A Celeste respondeu rápido e, aos 8, Cavani achou Forlán na esquerda do ataque. Ele cruzou, a defesa inteira da Coreia, goleiro incluído, entrou em pane e o excelente Luís Suarez, sozinho, abriu o placar.
A partir daí, o Uruguai recuou e buscou o contra-ataque, enquanto a Coreia martelava. Se, por um lado, a boa defesa sul-americana conseguiu barrar os ataques coreanos, por outro, a Celeste não conseguiu encaixar os contra-ataques do jeito que queria. O jogo ficou chato de ver até o final da primeira etapa.
A Coréia voltou melhor do intervalo, com o atacante Lee Dong Gook no lugar do meia Kim Jae Sung, e conseguiu pressionar de verdade e acuar o Uruguai. O merecido gol saiu aos 23 minutos, em cabeçada de Lee Chung Yong. Foi a primeira vez que a defesa sul-americana foi vazada até aqui. Um minuto depois, Chung Yong teve a chance de virar, mas chutou em cima do goleiro.
Vendo o risco de uma prorrogação, o Uruguai resolveu jogar bola. O jogo ficou aberto e divertido de assistir. E o talento sul-americano fez a diferença: aos 30 minutos, Luís Suarez pegou a sobra de um escanteio e bateu de curva, no canto esquerdo do goleiro Jung Sung Ryong. Golaço que colocou o camisa 9 entre os artilheiros da competição até aqui, com 3 gols, ao lado de David Villa (Espanha), Vittek (Eslováquia) e Higuaín (Argentina).
Park Chu Yong ainda perdeu uma chance na cara do goleiro aos 42 minutos, mas ficou nisso mesmo. A impressão da partida foi que, se os uruguaios não tivessem recuado para segurar o 1 a 0, poderiam ter feito mais e matado o jogo ainda no primeiro tempo. A defesa é boa e protegida por uma parede de volantes. No ataque, Forlán e Suarez são excelentes, o primeiro com passes e o segundo com faro de gol. Cavani completa o trio com um pouco menos de qualidade, mas hoje foi bem. Do jeito que foi, deram sopa para o azar.

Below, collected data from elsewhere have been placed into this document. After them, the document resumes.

//! What a refusal says of what a check finds.

ghost use Rattle.std.specs.Prelude.{◌≡◌, ◌+◌, ◌<◌, ◌^◌, length, IfSome};
ghost use Rattle.sil_ast.specs.declared.module.Module as any;
ghost use Rattle.sil_verifier_accepted.specs.AcceptedModules.Findings as finding;
ghost use Rattle.sil_verifier_accepted.specs.AcceptedModules.Findings.{vtable_item};
ghost use Rattle.sil_verifier.specs.inner.Reports.{Reported};

use crate::refusal::Refusal;
use sil_ast::{FuncId, List, Module};
use sil_rules::{Rule, RuleFault};
use std::alloc::Global;
use type_check::TypingFault;

/// What is said of an item that breaks one of 101 to 104.
pub(crate) fn item_refusal(alloc: Global, rule: Rule, item: u32) -> Refusal
    ensures { (m : any.Module) → Reported m (finding.item rule item) result }
{
    Refusal {
        rule,
        item: Some(item),
        function: None,
        point: None,
        subject: None,
        other: None,
        walk: List::new(alloc),
    }
}

/// The number of a vtable among declarations, functions and vtables, unless it is more than one of a module can be.
fn item_of(m: &Module, vtable: u32) -> Option<u32>
    requires { length m.now.decls + length m.now.functions < 2 ^ 32 }
    ensures { IfSome result (λ item. item ≡ vtable_item m.now vtable) }
{
    let item = m.decls.len() as u64 + (m.functions.len() as u64 + u64::from(vtable));
    match u32::try_from(item) {
        Ok(item) => Some(item),
        Err(_) => None,
    }
}

/// What is said of one of 201 to 212 that is broken, unless the vtable's number is more than one of a module can be.
pub(crate) fn typing_refusal(alloc: Global, m: &Module, fault: TypingFault) -> Option<Refusal>
    requires { length m.now.decls + length m.now.functions < 2 ^ 32 }
    ensures { IfSome result (Reported m.now (finding.typing fault)) }
{
    let item = match fault.vtable {
        Some(vtable) => Some(item_of(m, vtable)?),
        None => None,
    };
    Some(Refusal {
        rule: fault.rule,
        item,
        function: fault.function,
        point: fault.point,
        subject: None,
        other: None,
        walk: List::new(alloc),
    })
}

/// What is said of a rule on values that is broken in the function.
pub(crate) fn value_refusal(function: FuncId, fault: RuleFault) -> Refusal
    ensures { (m : any.Module) → Reported m (finding.value function.0 fault) result }
{
    Refusal {
        rule: fault.rule,
        item: None,
        function: Some(function),
        point: Some(fault.point),
        subject: Some(fault.subject),
        other: fault.other,
        walk: fault.walk,
    }
}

Do lado da Coreia, o time é ajeitado taticamente e tem os dois Parks, Chu Young e Ji Sung, bons jogadores. Mas estão um degrau abaixo do forte time da Celeste, que pega EUA ou Gana nas quartas. Seja quem for o adversário, Forlán e cia. têm bola para chegar às semifinais – para, se tudo der certo, perderem novamente para o Brasil.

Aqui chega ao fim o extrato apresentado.